Provavelmente, a coincidência dos anúncios do
projeto de isenção do Imposto de Renda para quem ganha até R$ 5 mil, que reuniu
Lula, ministros e os comandantes das Casas do Congresso, e de que Eduardo
Bolsonaro se licenciará indefinidamente do mandato de deputado federal para
ficar nos Estados Unidos e, de lá, ficar atirando no Judiciário brasileiro não
foi estrategicamente pensada.
Mas foi didática para ver quanto somos facilmente tragados para uma agenda que só interessa à família, cada vez mais pressionada pela iminência de que os atos golpistas praticados com comando e anuência do ex-presidente sejam julgados pelo Supremo Tribunal Federal (STF).
É como as diabruras diárias de Donald Trump.
Muitas dificilmente sairão do gogó ou do papel, sofrerão recuos
obrigatoriamente e não passam de provocação, mas geram reação de governos,
corporações, mercado financeiro, imprensa americana e do resto do mundo e por
aí afora, num efeito dominó perverso que desvia o foco daquilo que, no projeto
de desmonte que ele empreende, realmente tem impacto institucional, legal e
econômico.
Há muitas conjecturas a respeito da intenção
da família com a deserção de Eduardo, da preparação de terreno para uma fuga do
pai a um temor mais comezinho de ficar sem o passaporte, possibilidade que se
dissipou já na própria terça-feira, quando o procurador-geral da República,
Paulo Gonet, negou pedido do PT nesse sentido. O certo é o propósito do
bolsonarismo de vitimizar Jair e companhia. Como as investidas têm surtido
efeito decrescente, por vezes pífio, vide a manifestação esvaziada do último
domingo, resolveram apelar para um showzinho com locação internacional.

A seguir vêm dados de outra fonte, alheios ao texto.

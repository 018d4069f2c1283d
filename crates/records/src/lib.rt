// The records of a session: a record's bytes, without its two length bytes, to a request.
#![tactic(auto)]

ghost use Rattle.std.specs.Prelude.{◌≡◌, [], ◌+◌, ◌*◌, ◌≤◌, length};
ghost use Rattle.records.specs.Format.{byte_at, number_at, twos, bytes_at, masks_at, instance_in, set_up_in, arrival_in, writer_in, count_in, list_size, sized_op, request_of, count_of, list_count, op_meant, call_meant, faulty, bad};
ghost use Rattle.records.specs.Words.{words_in, laid_in};
ghost use Rattle.records.specs.RequestLaws.{faulty_arrival};

use readcondition::ReadCondition;
use sampleinfo::Body;

// The fields of a set-up.
#[derive(Clone, Copy)]
pub struct SetUp {
    pub mode: u8,
    pub keep: i32,
    pub instances: u16,
}

// The fields of an add.
#[derive(Clone, Copy)]
pub struct Arrival {
    pub instance: u64,
    pub writer: [u8; 16],
    pub sequence_number: u64,
    pub time: u64,
    pub kind: u8,
    pub handle: u32,
}

// A list record gives its count here, and its pairs by pairs_of.
#[derive(Clone, Copy)]
pub enum Request {
    SetUp(SetUp),
    Add(Arrival),
    NoWriters(u64),
    Choose(ReadCondition),
    ChooseWithin(u64, ReadCondition),
    Read(u16),
    Take(u16),
    NextKey(u64),
}

// ---- the size of each record, operation byte and fields; a list's goes by its count

const SET_UP_SIZE: usize = 8;

const ADD_SIZE: usize = 46;

const NO_WRITERS_SIZE: usize = 9;

const CHOOSE_SIZE: usize = 4;

const CHOOSE_WITHIN_SIZE: usize = 12;

const NEXT_KEY_SIZE: usize = 9;

// where the pairs of a list start, and the size of one
const PAIRS_AT: usize = 3;

const PAIR_SIZE: usize = 16;

// ---- fields

// The byte i places behind place at; past the end, 0.
pub fn byte(rec: &[u8], at: usize, i: usize) -> u8
    ensures { result ≡ byte_at rec.now (at + i) }
{
    rec.get(at.saturating_add(i)).copied().unwrap_or(0)
}

// The N bytes from place at on. Not by `array::from_fn`: no fact ties its calls to what the closure holds.
fn bytes_at<const N: usize>(rec: &[u8], at: usize) -> [u8; N]
    ensures { result ≡ bytes_at N rec.now at }
{
    let mut bytes = [0; N];
    for (i, b) in bytes.iter_mut().enumerate() {
        *b = byte(rec, at, i);
    }
    bytes
}

pub fn u16_at(rec: &[u8], at: usize) -> u16
    ensures { result ≡ number_at 2 rec.now at }
{
    u16::from_be_bytes(bytes_at(rec, at))
}

pub fn u32_at(rec: &[u8], at: usize) -> u32
    ensures { result ≡ number_at 4 rec.now at }
{
    u32::from_be_bytes(bytes_at(rec, at))
}

pub fn u64_at(rec: &[u8], at: usize) -> u64
    ensures { result ≡ number_at 8 rec.now at }
{
    u64::from_be_bytes(bytes_at(rec, at))
}

pub fn i32_at(rec: &[u8], at: usize) -> i32
    ensures { result ≡ twos (number_at 4 rec.now at) }
{
    i32::from_be_bytes(bytes_at(rec, at))
}

// The 16 bytes of a writer.
pub fn writer_at(rec: &[u8], at: usize) -> [u8; 16]
    ensures { result ≡ bytes_at 16 rec.now at }
{
    bytes_at(rec, at)
}

fn masks(rec: &[u8], at: usize) -> ReadCondition
    ensures { result ≡ masks_at rec.now at }
{
    ReadCondition {
        sample_state_mask: byte(rec, at, 0),
        view_state_mask: byte(rec, at, 1),
        instance_state_mask: byte(rec, at, 2),
    }
}

// ---- what a record holds behind its operation byte

fn instance_in(rec: &[u8]) -> u64
    ensures { result ≡ instance_in rec.now }
{
    u64_at(rec, 1)
}

fn set_up_in(rec: &[u8]) -> SetUp
    ensures { result ≡ set_up_in rec.now }
{
    SetUp {
        mode: byte(rec, 1, 0),
        keep: i32_at(rec, 2),
        instances: u16_at(rec, 6),
    }
}

fn writer_in(rec: &[u8]) -> [u8; 16]
    ensures { result ≡ writer_in rec.now }
{
    writer_at(rec, 9)
}

fn arrival_in(rec: &[u8]) -> Arrival
    ensures { result ≡ arrival_in rec.now }
{
    Arrival {
        instance: instance_in(rec),
        writer: writer_in(rec),
        sequence_number: u64_at(rec, 25),
        time: u64_at(rec, 33),
        kind: byte(rec, 41, 0),
        handle: u32_at(rec, 42),
    }
}

fn count_in(rec: &[u8]) -> u16
    ensures { result ≡ count_in rec.now }
{
    u16_at(rec, 1)
}

// The size of a list of so many pairs.
fn list_size(count: u16) -> usize
    ensures { result ≡ list_size count }
{
    PAIRS_AT + PAIR_SIZE * usize::from(count)
}

// ---- the request

// A wrong length is malformed.
fn sized(size: usize, rec: &[u8], q: Request) -> Option<Request>
    ensures { result ≡ sized_op size rec.now q }
{
    (rec.len() == size).then_some(q)
}

// A record to a request; none where it is malformed.
#[tactic(auto, unfolding(crate::specs::Format::op_at))]
pub fn decode(rec: &[u8]) -> Option<Request>
    ensures { result ≡ request_of rec.now }
{
    let op = byte(rec, 0, 0);
    let count = count_in(rec);
    match op {
        0 => sized(SET_UP_SIZE, rec, Request::SetUp(set_up_in(rec))),
        1 => sized(ADD_SIZE, rec, Request::Add(arrival_in(rec))),
        2 => sized(NO_WRITERS_SIZE, rec, Request::NoWriters(instance_in(rec))),
        3 => sized(CHOOSE_SIZE, rec, Request::Choose(masks(rec, 1))),
        4 => sized(
            CHOOSE_WITHIN_SIZE,
            rec,
            Request::ChooseWithin(instance_in(rec), masks(rec, 9)),
        ),
        5 => sized(list_size(count), rec, Request::Read(count)),
        6 => sized(list_size(count), rec, Request::Take(count)),
        7 => sized(NEXT_KEY_SIZE, rec, Request::NextKey(instance_in(rec))),
        _ => None,
    }
}

// ---- pairs

// The count of a list record; 0 of any other.
fn count(q: Option<Request>) -> u16
    ensures { result ≡ count_of q }
{
    match q {
        Some(Request::Read(n) | Request::Take(n)) => n,
        _ => 0,
    }
}

// How many words its pairs are.
fn words(rec: &[u8]) -> usize
    ensures value { result ≡ 2 * list_count rec.now }
    ensures upper_bound { result ≤ 131070 }
{
    2 * usize::from(count(decode(rec)))
}

// The pairs of a list record go to the front of the lent words, a key and then its instance, and the answer is the number of words.
// Where they have no room, nothing is done.
pub fn pairs_of(rec: &[u8], out: &mut [u64]) -> usize
    ensures value { result ≡ length (words_in rec.now) }
    ensures out_after { out.new ≡ laid_in out.old (words_in rec.now) }
{
    let n = words(rec);
    if n <= out.len() {
        // By index: of `out[..n]` lent to `iter_mut` no fact says what `out` ends as.
        for i in 0..n {
            out[i] = u64_at(rec, PAIRS_AT + 8 * i);
        }
    }
    n
}

// ---- refusal 1

impl Arrival {
    // A kind or sequence number out of its bounds.
    #[tactic(auto, using(crate::specs::RequestLaws::arrival_faulty))]
    fn is_faulty(self) -> bool
        ensures { result ≡ faulty_arrival self }
    {
        Body::arrived(self.kind, self.handle, self.sequence_number).is_none()
    }
}

impl Request {
    // The longest record that two length bytes tell, and the words of its pairs if it is a list.
    pub const LONGEST: usize = 65535;

    pub const LIST_WORDS: usize = 2 * (Request::LONGEST / PAIR_SIZE);

    // A kind, sequence number or mask out of its bounds.
    fn is_faulty(self) -> bool
        ensures { result ≡ faulty (op_meant self []) }
    {
        match self {
            Request::Add(a) => a.is_faulty(),
            Request::Choose(c) | Request::ChooseWithin(_, c) => !c.is_valid(),
            _ => false,
        }
    }

    // The record is refused with 1, whatever came before it: malformed, or with a field out of its bounds.
    pub fn is_bad(q: Option<Request>) -> bool
        ensures { result ≡ bad (call_meant q []) }
    {
        q.is_none_or(Request::is_faulty)
    }
}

O mais provável é que Eduardo produza uma
série de vídeos em que, à distância, se sinta mais corajoso para adjetivar
Alexandre de Moraes, algo que aqui, no comando da Comissão de Relações
Exteriores, o deixaria sempre receoso de ser incluído nas investigações de que
escapou de raspão, até agora. Promoverá encontros com lideranças mais
estridentes da direita americana, usará bonés com dizeres para animar a torcida
e tentará agitar alguma moção contra ministros do STF.
Mas é preciso tirar a espuma da distração
estridente e perguntar: e daí? Para efeito de um eventual pedido de asilo de
Jair ou de uma fuga cinematográfica, o alarde prévio do filho só atrapalha e
deixa quem precisa ficar de olho mais alerta. Se a ideia é constranger ou
afetar diretamente Moraes ou os demais ministros da mais alta Corte do Brasil,
o deputado e seus aliados demonstram não conhecer nada de princípios
elementares de Direito Internacional, como a autodeterminação das nações
soberanas. Trocando em miúdos: a Constituição americana não tem validade em
solo brasileiro, nem o Congresso ou a Suprema Corte dos Estados Unidos têm
jurisdição sobre Brasília.
O julgamento de Bolsonaro e dos outros 33
denunciados por tentativa de golpe de Estado seguirá o cronograma bastante
acelerado que já vem sendo ditado — não por acaso, ontem mesmo foi marcada a
análise da denúncia de outro lote, numa demonstração de que o show pirotécnico
da família terá efeito prático zero sobre o destino judicial do patriarca e dos
demais. Muito barulho por nada.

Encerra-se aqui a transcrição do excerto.